Captain Regent of San Marino
- In office 1 April 2022 – 1 October 2022 Serving with Paolo Rondelli
- Preceded by: Giacomo Simoncini Francesco Mussoni
- Succeeded by: Maria Luisa Berti Manuel Ciavatta
- In office 1 April 2009 – 1 October 2009 Serving with Massimo Cenci
- Preceded by: Ernesto Benedettini Assunta Meloni
- Succeeded by: Stefano Palmieri Francesco Mussoni

Personal details
- Born: 24 September 1958 (age 67) Serravalle, San Marino
- Party: Sammarinese Christian Democratic Party
- Education: University of Urbino

= Oscar Mina =

Sammarinese politician (born 1958)

Oscar Mina (born 24 September 1958) is a Sammarinese politician, who served as Captain Regent of San Marino with Paolo Rondelli from 1 April to 1 October 2022. He previously served as Captain Regent from 1 April 2009 to October 2009 with Massimo Cenci.
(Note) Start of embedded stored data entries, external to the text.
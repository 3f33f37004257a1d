//! A post whose jobs are worked in threads of their own.
//!
//! `pool` starts a worker for each gate, 1 to 8, and calls a body once on a post and an input. What
//! the post takes goes to whichever worker takes it first; the worker works it with the entry's own
//! stop, so that who raises the entry's flag stops it, and sends the answer back through a bounded
//! channel of 32, in which every answer is of the table. When the body returns, the ends of the post
//! are closed and the workers are joined: each goes on until there are no jobs, and drops what
//! nobody waits for.
//!
//! Steps and views go through a queue each, of 16 jobs, and bells call the workers: the first worker
//! has one, and all others have another. The first alone is called for a step, unless another step
//! is out or it may be at a view: so its engine has the squares of the line, which another worker
//! would have to make anew. The others are called for views, and the first too where each of them
//! may have a job. Who has just worked a step of many cells looks for the next one a while before it
//! listens; else a worker that hears a call looks for a view first, unless the call is for a step.
//!
//! A worker keeps an engine, with its squares and their results, from one job to the next as long
//! as the rule stays the same, so so many workers may keep so many times as many squares.
//! Nothing is claimed of the order of answers, of fairness, or that an answer comes.
#![tactic(auto)]

mod answer_rule;
mod answers;
mod bells;
mod crew;
mod fault;
mod inbox;
mod lanes;
mod outbox;
mod post;
mod sent;
mod worker;

pub use crew::pool;
pub use fault::{NoPool, PoolFault};
pub use job_queue::{JobSender, JobTaker, Slip, job_queue};
pub use post::PoolPost;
Mina was elected to the Grand and General Council as a member of the Sammarinese Christian Democratic Party in 2006.

==Life==
In 1979, Oscar Mina graduated in electrical engineering and subsequently studied political science at the University of Urbino. Since 1979, he has been a civil servant in San Marino's water and gas supply. Mina is single and lives in Serravalle.

==Politics==
Mina joined the Christian Democratic PDCS in 1998. He was elected in 2006, 2008 and 2012 in the Grand and General Council, the parliament of San Marino. From 2006 to 2007, he was a member of the Finance Committee and the Interparliamentary Commission. Since 2007, he is a member of the Judiciary Committee. He has been a member of the OSCE Parliamentary Assembly since 2008, and has headed the San Maritime Delegation since 2009. Mina is a Deputy Chairman of the PDCS since 2008. For the period from 1 April 2009 to 1 October 2009, Oscar Mina was elected as the Captains Regent, head of San Marino, along with Massimo Cenci. On 28 April 2011, he was the successor of the resigned Christian Democratic Party in San Marino. After the 2012 election, he was confirmed in this office. In the 28th legislative term from December 2012, Mina is the chair of the Health Committee and the San Marines delegation to the OSCE Parliamentary Assembly.